[[ Data section, beginning ]]

//! Words of the command line.

ghost use Rattle.std.specs.Prelude.{◌≡◌, ◌≢◌, ◌++◌, [], ◌∷◌, List, ℕ, MatchOption};

/// The text of a word whose argument is not UTF-8, or `None` if it is.
pub fn lossy_text(word: &str) -> Option<&str>
    ensures { MatchOption result ((text : List ℕ) → word.now ≢ text ++ (0 ∷ []))
        (λ text. word.now ≡ text.now ++ (0 ∷ [])) }
{
    word.strip_suffix("\0")
}
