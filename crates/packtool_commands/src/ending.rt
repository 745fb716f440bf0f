//! The lines of checked files.

ghost use Rattle.std.specs.Prelude.{◌≡◌, false};
ghost use Rattle.packtool_commands.specs.Files.{file_line, verdict};
ghost use Rattle.streams.specs.Streams.{Wrote};

use crate::escaping::write_named;
use crate::line_end::{LineEnd, push, push_digest};
use streams::{Ending, Sink, WriteFailed};

/// Writes the line of a file with this name, whose bytes end in this way: `NAME: OK`, or `NAME:
/// FAILED` and why, with both digests.
///
/// It stops at the first write that fails, after a proper beginning of the line. The sink must not
/// have failed before.
///
/// ```
/// let ending = streams::check_seal(&mut input, Kind::Sha1)?;
/// if write_ending("pack-1.idx", &ending, &mut out).is_err() {
///     println!(rt; "the line is not written whole")?;
/// }
/// ```
pub fn write_ending<W: Sink>(name: &str, ending: &Ending, out: &mut W) -> Result<(), WriteFailed>
    requires { W.has_failed out.old ≡ false }
    ensures { Wrote W.taken W.has_failed out.old out.new result
        (file_line name.now (verdict ending.now)) }
{
    write_named(name, verdict(ending).as_slice(), out)
}

// What is printed after the name of a checked file.
fn verdict(ending: &Ending) -> LineEnd
    ensures { result.items ≡ verdict ending.now }
{
    let mut line = LineEnd::new();
    match ending {
        Ending::Sealed(_) => push(&mut line, b": OK\n"),
        Ending::Unsealed {
            digest,
            last: Some(last),
        } => {
            push_digest(&mut line, b": FAILED: it ends in ", last);
            push_digest(&mut line, b", and the digest of the rest is ", digest);
            push(&mut line, b"\n");
        }
        Ending::Unsealed { last: None, .. } => {
            push(&mut line, b": FAILED: it is shorter than a digest\n");
        }
    }
    line
}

[[ Data section, end ]]

Problem:
Reproduce, word for word and in full, only the lines above that start at the line with "-> Result<(), WriteFailed>" and run through the line with "FAILED: it ends", both ends included.

Exercise answer:
pub fn write_ending<W: Sink>(name: &str, ending: &Ending, out: &mut W) -> Result<(), WriteFailed>
    requires { W.has_failed out.old ≡ false }
    ensures { Wrote W.taken W.has_failed out.old out.new result
        (file_line name.now (verdict ending.now)) }
{
    write_named(name, verdict(ending).as_slice(), out)
}

// What is printed after the name of a checked file.
fn verdict(ending: &Ending) -> LineEnd
    ensures { result.items ≡ verdict ending.now }
{
    let mut line = LineEnd::new();
    match ending {
        Ending::Sealed(_) => push(&mut line, b": OK\n"),
        Ending::Unsealed {
            digest,
            last: Some(last),
        } => {
            push_digest(&mut line, b": FAILED: it ends in ", last);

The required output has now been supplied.